* _What to do_: Across the data below, how many lines have the word "after" in them? Respond with the number alone.

:: Material for this task

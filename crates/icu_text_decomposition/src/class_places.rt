//! The places in a run of marks from which those of each class go on.

ghost use Rattle.std.specs.Prelude.{◌≡◌, ◌≢◌, ◌<◌, ◌≤◌, ◌+◌, ◌∷◌, ◌++◌, [], ℕ, None, Some, IsSome, IfSome};
ghost use Rattle.ucd_normal.specs.CanonicalCombiningClass.{canonical_combining_class as class_of};
ghost use Rattle.icu_text_decomposition.specs.MarkClasses.{of_class};
ghost use Rattle.icu_text_decomposition.specs.inner.ClassNumbers.{IsUsedClass};
ghost use Rattle.icu_text_decomposition.specs.inner.FrontMarks.{front_marks, past_marks};
ghost use Rattle.icu_text_decomposition.specs.inner.Parts.{parts_left};

use crate::char_parts::Parts;
use crate::class_numbers::{CLASS_COUNT, class_number, next_used_class};
use crate::found_mark::{FoundMark, find_mark};
use crate::slot_tree::{Slot, SlotPair, Slots};
use icu_text_encodings::EncodedText;
use unicode_normalization::char::canonical_combining_class;

/// A slot for each number of a class.
type ClassSlots<T> = SlotPair<
    SlotPair<SlotPair<SlotPair<SlotPair<SlotPair<Slot<Option<Parts<T>>>>>>>>,
>;

/// Of each class of a run of marks the place of the next one that is left, where one is.
#[derive(Clone, Copy)]
pub(crate) struct ClassPlaces<T> {
    slots: ClassSlots<T>,
}

impl<T: EncodedText> ClassPlaces<T> {
    ghost use Rattle.icu_text_decomposition.specs.inner.ClassPlaces.{places_of, class_left, marks_from, found_left};

    /// No mark is left.
    pub(crate) fn new() -> ClassPlaces<T>
        ensures { (k : ℕ) → places_of result k ≡ None }
    {
        ClassPlaces {
            slots: ClassSlots::<T>::filled(None),
        }
    }

    /// The place from which the marks of a class go on.
    fn get(&self, class: usize) -> Option<Parts<T>>
        ensures { result ≡ places_of self.now class }
    {
        let number = class_number(class);
        if number < CLASS_COUNT {
            self.slots.get(number)
        } else {
            None
        }
    }

    /// Sets the place from which the marks of a class go on.
    fn set(&mut self, class: usize, place: Option<Parts<T>>)
        requires { IsSome place → IsUsedClass class }
        ensures own { places_of self.new class ≡ place }
        ensures others { (k : ℕ) → k ≢ class → places_of self.new k ≡ places_of self.old k }
    {
        let number = class_number(class);
        if number < CLASS_COUNT {
            self.slots.set(number, place);
        }
    }

    /// Of a class those marks are left that stand from this place on.
    pub(crate) fn go_on(&mut self, class: usize, from: Parts<T>)
        ensures own { class_left T.text self.new class
            ≡ of_class class (front_marks (parts_left T.text from)) }
        ensures others { (k : ℕ) → k ≢ class → places_of self.new k ≡ places_of self.old k }
    {
        match find_mark(class, from) {
            Some(found) => self.set(class, Some(found.at)),
            None => self.set(class, None),
        }
    }

    /// Adds the place of a mark, behind which the run goes on so, where its class is above this one and has none.
    fn add(&mut self, above: usize, mark: char, at: Parts<T>, after: Parts<T>)
        requires at { parts_left T.text at ≡ mark ∷ parts_left T.text after }
        requires is_mark { 0 < class_of mark }
        ensures { (k : ℕ) → above < k
            → found_left T.text k (places_of self.new k) (parts_left T.text after)
            ≡ found_left T.text k (places_of self.old k) (parts_left T.text at) }
    {
        let class = usize::from(canonical_combining_class(mark));
        if class <= above {
            return;
        }
        if self.get(class).is_some() {
            return;
        }
        self.set(class, Some(at));
    }

    /// The first place of each class above this one in the run with which these parts begin, and the place behind the
    /// run.
    pub(crate) fn find(run: Parts<T>, above: usize) -> (ClassPlaces<T>, Parts<T>)
        ensures left { (k : ℕ) → above < k → class_left T.text result.0 k
            ≡ of_class k (front_marks (parts_left T.text run)) }
        ensures past { parts_left T.text result.1 ≡ past_marks (parts_left T.text run) }
        ensures end { front_marks (parts_left T.text result.1) ≡ [] }
    {
        let mut places = ClassPlaces::new();
        let mut at = run;
        'marks: loop {
            let mut after = at;
            let Some(mark) = after.next() else {
                return (places, at);
            };
            if canonical_combining_class(mark) == 0 {
                return (places, at);
            }
            places.add(above, mark, at, after);
            at = after;
        }
    }

    /// The first mark that is left of a class.
    pub(crate) fn first_of(&self, class: usize) -> Option<FoundMark<T>>
        ensures class { IfSome result (λ f. f.class ≡ class) }
        ensures some { IfSome result (λ f. class_left T.text self.now class
            ≡ f.mark ∷ of_class class (front_marks (parts_left T.text f.after))) }
        ensures none { result ≡ None → class_left T.text self.now class ≡ [] }
    {
        find_mark(class, self.get(class)?)
    }

    /// The first mark that is left of this class and those above it.
    pub(crate) fn first_from(&self, from: usize) -> Option<FoundMark<T>>
        requires { from ≤ 256 }
        ensures class { IfSome result (λ f. (from ≤ f.class) × (f.class < 256)) }
        ensures some { IfSome result (λ f. marks_from T.text self.now from
            ≡ f.mark ∷ (of_class f.class (front_marks (parts_left T.text f.after))
            ++ marks_from T.text self.now (f.class + 1))) }
        ensures none { result ≡ None → marks_from T.text self.now from ≡ [] }
    {
        let mut class = from;
        'classes: while class < 256 {
            if let Some(found) = self.first_of(class) {
                return Some(found);
            }
            class = next_used_class(class);
        }
        None
    }
}
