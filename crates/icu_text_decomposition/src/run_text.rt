//! A text from which marks are taken while it is read.

ghost use Rattle.std.specs.Prelude.{◌≡◌, ◌<◌, ◌≤◌, ◌++◌, [], ℕ, None, drop, nat_lt, option_to_list};
ghost use Rattle.unicode_normalization.specs.Forms.{nfd};
ghost use Rattle.ucd_normal.specs.CanonicalCombiningClass.{canonical_combining_class as class_of};
ghost use Rattle.icu_text_decomposition.specs.UnreadTexts.{IsUnblocked, without_last};
ghost use Rattle.icu_text_decomposition.specs.inner.OrderedParts.{order_left};

use crate::class_pass::ClassPass;
use crate::class_places::ClassPlaces;
use crate::ordered_parts::OrderedParts;
use icu_text_encodings::EncodedText;
use unicode_normalization::char::canonical_combining_class;

/// The number of all combining classes.
const ALL_CLASSES: usize = 256;

/// What is left of a text: of the run of marks that is read by a place for each class, where one is, and then the rest
/// of the text.
#[derive(Clone, Copy)]
pub(crate) struct RunText<T> {
    /// The places from which the marks of each class go on.
    pub(crate) places: ClassPlaces<T>,
    /// The class from which on marks may be left, or `ALL_CLASSES` where no run is read by places.
    pub(crate) class: usize,
    /// The place behind that run.
    pub(crate) rest: OrderedParts<T>,
}

impl<T: EncodedText> RunText<T> {
    ghost use Rattle.icu_text_decomposition.specs.inner.ClassPlaces.{marks_from};
    ghost use Rattle.icu_text_decomposition.specs.inner.Passes.{IsClassPass, pass_left};
    ghost use Rattle.icu_text_decomposition.specs.inner.RunTexts.{IsRunText, run_text_left};

    /// A text of which nothing was read.
    pub(crate) fn new(text: T) -> RunText<T>
        ensures is { IsRunText T.text result }
        ensures left { run_text_left T.text result ≡ nfd (T.text text) }
    {
        RunText {
            places: ClassPlaces::new(),
            class: ALL_CLASSES,
            rest: OrderedParts::new(text),
        }
    }

    /// Reads the next mark of the run that is read by places, or returns `None` where nothing is left of it.
    fn next_of_run(&mut self) -> Option<char>
        requires { IsRunText T.text self.old }
        ensures is { IsRunText T.text self.new }
        ensures next { run_text_left T.text self.old
            ≡ option_to_list result ++ run_text_left T.text self.new }
        ensures end { result ≡ None → self.new.class ≡ 256 }
    {
        let Some(found) = self.places.first_from(self.class) else {
            self.class = ALL_CLASSES;
            return None;
        };
        self.class = found.class;
        self.places.go_on(found.class, found.after);
        Some(found.mark)
    }

    /// Reads the next character.
    pub(crate) fn next(&mut self) -> Option<char>
        requires { IsRunText T.text self.old }
        ensures is { IsRunText T.text self.new }
        ensures next { run_text_left T.text self.old
            ≡ option_to_list result ++ run_text_left T.text self.new }
        ensures end { result ≡ None → run_text_left T.text self.old ≡ [] }
    {
        if let Some(mark) = self.next_of_run() {
            return Some(mark);
        }
        self.rest.next()
    }

    /// The run at the place, whether it is read class by class so far or not.
    fn run(&self) -> ClassPass<T>
        requires is { IsRunText T.text self.now }
        ensures pass { IsClassPass T.text result }
        ensures left { pass_left T.text result ≡ order_left T.text self.now.rest }
    {
        match self.rest.pass {
            Some(pass) => pass,
            None => ClassPass::new(self.rest.parts),
        }
    }

    /// Whether a run is read by places.
    pub(crate) fn has_places(&self) -> bool
        ensures { result ≡ nat_lt self.now.class 256 }
    {
        self.class < ALL_CLASSES
    }

    /// Reads the run at the front by places from now on.
    pub(crate) fn begin_run(&mut self)
        requires { IsRunText T.text self.old }
        ensures is { IsRunText T.text self.new }
        ensures left { run_text_left T.text self.new ≡ run_text_left T.text self.old }
        ensures begun { self.new.class < 256 }
    {
        if self.has_places() {
            return;
        }
        let pass = self.run();
        let class = usize::from(pass.class);
        let (places, end) = ClassPlaces::find(pass.run, class);
        self.places = places;
        self.places.go_on(class, pass.at);
        self.class = class;
        self.rest = OrderedParts {
            parts: end,
            in_order: false,
            pass: None,
        };
    }

    /// Takes the first mark of its class.
    pub(crate) fn take(&mut self, mark: char)
        requires { IsRunText T.text self.old }
        ensures is { IsRunText T.text self.new }
        ensures left { (passed : ℕ) → IsUnblocked (run_text_left T.text self.old) passed mark
            → run_text_left T.text self.new
            ≡ without_last (run_text_left T.text self.old) passed }
        ensures ahead { (passed : ℕ) → IsUnblocked (run_text_left T.text self.old) passed mark
            → marks_from T.text self.new.places (class_of mark) ++ order_left T.text self.new.rest
            ≡ drop passed (run_text_left T.text self.old) }
    {
        self.begin_run();
        let class = usize::from(canonical_combining_class(mark));
        if let Some(found) = self.places.first_of(class) {
            self.places.go_on(class, found.after);
        }
    }
}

::::

* _Written solution_: 11